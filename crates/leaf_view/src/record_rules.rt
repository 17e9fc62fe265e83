//! The records of a leaf.

ghost use Rattle.std.specs.Prelude.{◌≡◌, ℕ, Option};
ghost use Rattle.std.specs.Option.{option_copied};
ghost use Rattle.leaf_view.specs.Leaf.{above_entry, record_item};

use crate::entry::{EntryView, attr_at};
use byte_format::{Rules, Stop, is_below, is_below_bound, text8_at, text16_at};

/// Keys ascend from `low` on, below `high`; format 2 alone has attributes.
#[derive(Clone, Copy)]
pub(crate) struct RecordRules<'a> {
    pub(crate) format: u8,
    pub(crate) low: &'a [u8],
    pub(crate) high: Option<&'a [u8]>,
}

impl<'a> Rules<'a> for RecordRules<'a> {
    type Item = EntryView<'a>;

    ghost item_format = { λ rules before. record_item rules.format rules.low.now (option_copied rules.high) before };

    #[tactic(auto, unfolding(crate::specs::Leaf::record_item))]
    fn item(
        &self,
        before: Option<&EntryView<'a>>,
        bytes: &'a [u8],
    ) -> Result<(EntryView<'a>, &'a [u8]), Stop> {
        let (key, rest) = text8_at(bytes, 1, 64)?;
        if is_below(key, self.low) || !is_below_bound(key, self.high) || !is_above(before, key) {
            return Err(Stop::at(bytes));
        }
        let (payload, rest) = text16_at(rest, 0, 1024)?;
        let (attr, rest) = attr_at(rest, self.format)?;
        Ok((EntryView::new(key, payload, attr), rest))
    }
}

/// Whether a key is above the record before, where there is one.
fn is_above(before: Option<&EntryView<'_>>, key: &[u8]) -> bool
    ensures { result ≡ above_entry (option_copied before.entry) key.now }
{
    match before {
        None => true,
        Some(last) => is_below(last.key(), key),
    }
}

__________________________________________________

▶ **Problem requirements**:
From the first line of the data through the line with "type Item = EntryView<'a>;", quote each line exactly and add nothing else.

▶ **Output for this task**:
filename crates/leaf_view/src/record_rules.rt
repository 17e9fc62fe265e83
//! The records of a leaf.

ghost use Rattle.std.specs.Prelude.{◌≡◌, ℕ, Option};
ghost use Rattle.std.specs.Option.{option_copied};
ghost use Rattle.leaf_view.specs.Leaf.{above_entry, record_item};

use crate::entry::{EntryView, attr_at};
use byte_format::{Rules, Stop, is_below, is_below_bound, text8_at, text16_at};

/// Keys ascend from `low` on, below `high`; format 2 alone has attributes.
#[derive(Clone, Copy)]
pub(crate) struct RecordRules<'a> {
    pub(crate) format: u8,
    pub(crate) low: &'a [u8],
    pub(crate) high: Option<&'a [u8]>,
}

impl<'a> Rules<'a> for RecordRules<'a> {
    type Item = EntryView<'a>;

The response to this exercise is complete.